**Work to complete:**
Two lines mark the range in the entries below: the one holding "is no folder." and the one holding "file can't be". Set down those two and all lines between them, exactly.

**Source material:**

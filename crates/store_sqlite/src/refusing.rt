//! What a call is refused with that an error of its connection ended.

ghost use Rattle.std.specs.Prelude.{◌≡◌, ◌⊎◌, ◌≤◌, IsTrue};
ghost use Rattle.sqlite.specs.State.{HasCleanDisk, Survives};
ghost use Rattle.sqlite.specs.Held.{state};
ghost use Rattle.sqlite.specs.declared.error.Error.TheVariants.{SqliteFailure};
ghost use Rattle.sqlite.specs.declared.error.ErrorCode.TheVariants.{OutOfMemory};
ghost use Rattle.base_value.specs.Causes.{Rose};
ghost use Rattle.store_sqlite.specs.inner.Steps.{Keeps, Stays, WasOpen};

use crate::fault::{Refusals, fault_of, is_out_of_memory};
use crate::statements::check_open;
use sqlite::{Alter, Connection, Error};
use store_kv::KeepFail;

/// Counts a call that an error of the connection ended.
///
/// It is `Memory`, and isn't counted, only if the connection is seen to be open: a call that ran out of memory may have
/// been ended by a fault of the files too.
pub(crate) fn refuse_call<S: Alter>(
    conn: &mut Connection<S>,
    refusals: &mut Refusals,
    error: Error,
) -> KeepFail
    ensures stays { HasCleanDisk (state S.Store conn.new)
        → Stays (state S.Store conn.old) (state S.Store conn.new) }
    ensures was_open { HasCleanDisk (state S.Store conn.new)
        → WasOpen (state S.Store conn.old) (state S.Store conn.new) }
    ensures keeps { Keeps (state S.Store conn.old) (state S.Store conn.new) }
    ensures survives { Survives (state S.Store conn.old) (state S.Store conn.new) (λ _. ⊥) }
    ensures counts { refusals.old.count ≤ refusals.new.count }
    ensures cause { result ≡ KeepFail.Failed → Rose refusals.old.count refusals.new.count }
    ensures quiet { (result ≡ KeepFail.Failed → ⊥) → refusals.new.count ≡ refusals.old.count }
    ensures memory { result ≡ KeepFail.Memory → error ≡ SqliteFailure OutOfMemory }
    ensures same { result ≡ KeepFail.Memory → refusals.new.last ≡ refusals.old.last }
    ensures seen { HasCleanDisk (state S.Store conn.new)
        → IsTrue (state S.Store conn.new).is_open ⊎ Rose refusals.old.count refusals.new.count }
{
    if !is_out_of_memory(&error) {
        refusals.add(fault_of(error));
        return KeepFail::Failed;
    }
    match check_open(conn) {
        Ok(_) => KeepFail::Memory,
        Err(error) => {
            refusals.add(fault_of(error));
            KeepFail::Failed
        }
    }
}
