//! Why a database refused, and how often it did.

ghost use Rattle.std.specs.Prelude.{◌≡◌, ◌≤◌, ◌+◌, IsTrue, Some, None};
ghost use Rattle.sqlite.specs.declared.error.Error.TheVariants.{SqliteFailure};
ghost use Rattle.sqlite.specs.declared.error.ErrorCode.TheVariants.{OutOfMemory};
ghost use Rattle.base_value.specs.Causes.{up_to_last, Rose};

use sqlite::{Error, ErrorCode};
use std::fmt;
use std::rt::HostRuntime;
use store_kv::KeepFail;

/// Why a database refused a call, for a user to read.
#[derive(Clone, Copy, Debug, PartialEq, Eq)]
pub enum DatabaseFault {
    /// The path can't be opened for reading and writing: for one of the causes below that have names, or since a rollback
    /// journal is beside it, or the path is empty, `:memory:` or a URI. It is `ErrorCode::CannotOpen`.
    CannotOpen,
    /// Another program, or another keeper of this one, has the file open: `ErrorCode::DatabaseBusy`.
    Busy,
    /// The file isn't a database, or it's damaged, or it has what can't be read: `ErrorCode::DatabaseCorrupt` and
    /// `ErrorCode::NotADatabase`.
    NotADatabase,
    /// The disk is full, or the database can't grow any more: `ErrorCode::DiskFull`.
    Full,
    /// A file couldn't be read or written: `ErrorCode::SystemIoFailure`.
    Disk,
    /// An earlier fault has shut the database: `ErrorCode::Closed`.
    Closed,
    /// A call ran out of memory, and so did the one that was to find whether the database is still open.
    Unknown,
    /// The keeper isn't opened.
    NotOpened,
    /// The database has tables that aren't this program's: `ErrorCode::NameTaken`.
    Foreign,
    /// The path leads through something that isn't there or is no folder.
    NoFolder,
    /// The path is a folder or a device, and no file.
    NotAFile,
    /// The path is a link that leads nowhere.
    DeadLink,
    /// The file has a second name.
    SecondName,
    /// The file, or its folder, may not be read and written.
    NotPermitted,
    /// Anything else, such as a database with a table `kept` of another form.
    Other,
}

impl fmt::Display for DatabaseFault {
    fn fmt<W: fmt::Write>(&self, f: &mut fmt::Formatter<W>) -> fmt::Result {
        f.write_str(match self {
            DatabaseFault::CannotOpen => "the file can't be opened for reading and writing",
            DatabaseFault::Busy => "another program has the file open",
            DatabaseFault::NotADatabase => "the file isn't a database, or it's damaged",
            DatabaseFault::Full => "the disk is full",
            DatabaseFault::Disk => "the file couldn't be read or written",
            DatabaseFault::Closed => "an earlier fault has closed the database",
            DatabaseFault::Unknown => "out of memory, and the database may be closed",
            DatabaseFault::NotOpened => "the database isn't opened",
            DatabaseFault::Foreign => {
                "the database has other tables than this program's, and is left as it is"
            }
            DatabaseFault::NoFolder => "there is no such folder to make the file in",
            DatabaseFault::NotAFile => "it is a folder or a device, and no file",
            DatabaseFault::DeadLink => "it is a link that leads nowhere",
            DatabaseFault::SecondName => "the file has a second name, a hard link",
            DatabaseFault::NotPermitted => {
                "no permission to read and write the file and to make files in its folder"
            }
            DatabaseFault::Other =>
                "the table in the database has another form than this program's",
        })
    }
}

impl std::error::Error for DatabaseFault {}

/// What an error is for a user. Out of memory is `Unknown`: such a call doesn't say whether the database is still open.
pub fn fault_of(error: Error) -> DatabaseFault {
    match error {
        Error::SqliteFailure(ErrorCode::CannotOpen) => DatabaseFault::CannotOpen,
        Error::SqliteFailure(ErrorCode::DatabaseBusy) => DatabaseFault::Busy,
        Error::SqliteFailure(ErrorCode::NotADatabase | ErrorCode::DatabaseCorrupt) => {
            DatabaseFault::NotADatabase
        }
        Error::SqliteFailure(ErrorCode::DiskFull) => DatabaseFault::Full,
        Error::SqliteFailure(ErrorCode::SystemIoFailure) => DatabaseFault::Disk,
        Error::SqliteFailure(ErrorCode::Closed) => DatabaseFault::Closed,
        Error::SqliteFailure(ErrorCode::OutOfMemory) => DatabaseFault::Unknown,
        Error::SqliteFailure(ErrorCode::NameTaken) => DatabaseFault::Foreign,
        _ => DatabaseFault::Other,
    }
}

/// The error says that the call is out of memory.
pub(crate) fn is_out_of_memory(error: &Error) -> bool
    ensures only { IsTrue result → error.now ≡ SqliteFailure OutOfMemory }
    ensures each { error.now ≡ SqliteFailure OutOfMemory → IsTrue result }
{
    matches!(error, Error::SqliteFailure(ErrorCode::OutOfMemory))
}

/// The calls that a keeper counted as failed: how many, and why the last one was. The count saturates.
#[derive(Clone, Copy)]
pub(crate) struct Refusals {
    count: u64,
    last: Option<DatabaseFault>,
    // Where each fault is said as it is counted, if it is.
    voice: Option<HostRuntime>,
}

impl Refusals {
    /// No call failed.
    pub(crate) fn none() -> Refusals
        ensures count { result.count ≡ 0 }
        ensures last { result.last ≡ None }
    {
        Refusals {
            count: 0,
            last: None,
            voice: None,
        }
    }

    /// No call failed. The fault of each that fails is said in a line on standard error.
    pub(crate) fn saying(rt: HostRuntime) -> Refusals
        ensures count { result.count ≡ 0 }
        ensures last { result.last ≡ None }
    {
        Refusals {
            count: 0,
            last: None,
            voice: Some(rt),
        }
    }

    /// Counts a call.
    pub(crate) fn add(&mut self, fault: DatabaseFault)
        ensures count { self.new.count ≡ up_to_last (self.old.count + 1) }
        ensures counts { self.old.count ≤ self.new.count }
        ensures last { self.new.last ≡ Some fault }
    {
        self.count = self.count.saturating_add(1);
        self.last = Some(fault);
        if let Some(rt) = &self.voice {
            let _ = eprintln!(rt; "carmuguur: the store: {fault}");
        }
    }

    /// Counts a call that an error ended, unless it is out of memory.
    pub(crate) fn refuse(&mut self, error: Error) -> KeepFail
        ensures counts { self.old.count ≤ self.new.count }
        ensures cause { result ≡ KeepFail.Failed → Rose self.old.count self.new.count }
        ensures quiet { (result ≡ KeepFail.Failed → ⊥) → self.new.count ≡ self.old.count }
        ensures memory { result ≡ KeepFail.Memory → error ≡ SqliteFailure OutOfMemory }
        ensures failed { result ≡ KeepFail.Failed → error ≡ SqliteFailure OutOfMemory → ⊥ }
        ensures same { result ≡ KeepFail.Memory → self.new.last ≡ self.old.last }
    {
        if is_out_of_memory(&error) {
            KeepFail::Memory
        } else {
            self.add(fault_of(error));
            KeepFail::Failed
        }
    }

    /// Why the last call that was counted failed.
    pub(crate) fn last(&self) -> Option<DatabaseFault>
        ensures { result ≡ self.now.last }
    {
        self.last
    }
}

**Completed task:**
    /// The path leads through something that isn't there or is no folder.
    NoFolder,
    /// The path is a folder or a device, and no file.
    NotAFile,
    /// The path is a link that leads nowhere.
    DeadLink,
    /// The file has a second name.
    SecondName,
    /// The file, or its folder, may not be read and written.
    NotPermitted,
    /// Anything else, such as a database with a table `kept` of another form.
    Other,
}

impl fmt::Display for DatabaseFault {
    fn fmt<W: fmt::Write>(&self, f: &mut fmt::Formatter<W>) -> fmt::Result {
        f.write_str(match self {
            DatabaseFault::CannotOpen => "the file can't be opened for reading and writing",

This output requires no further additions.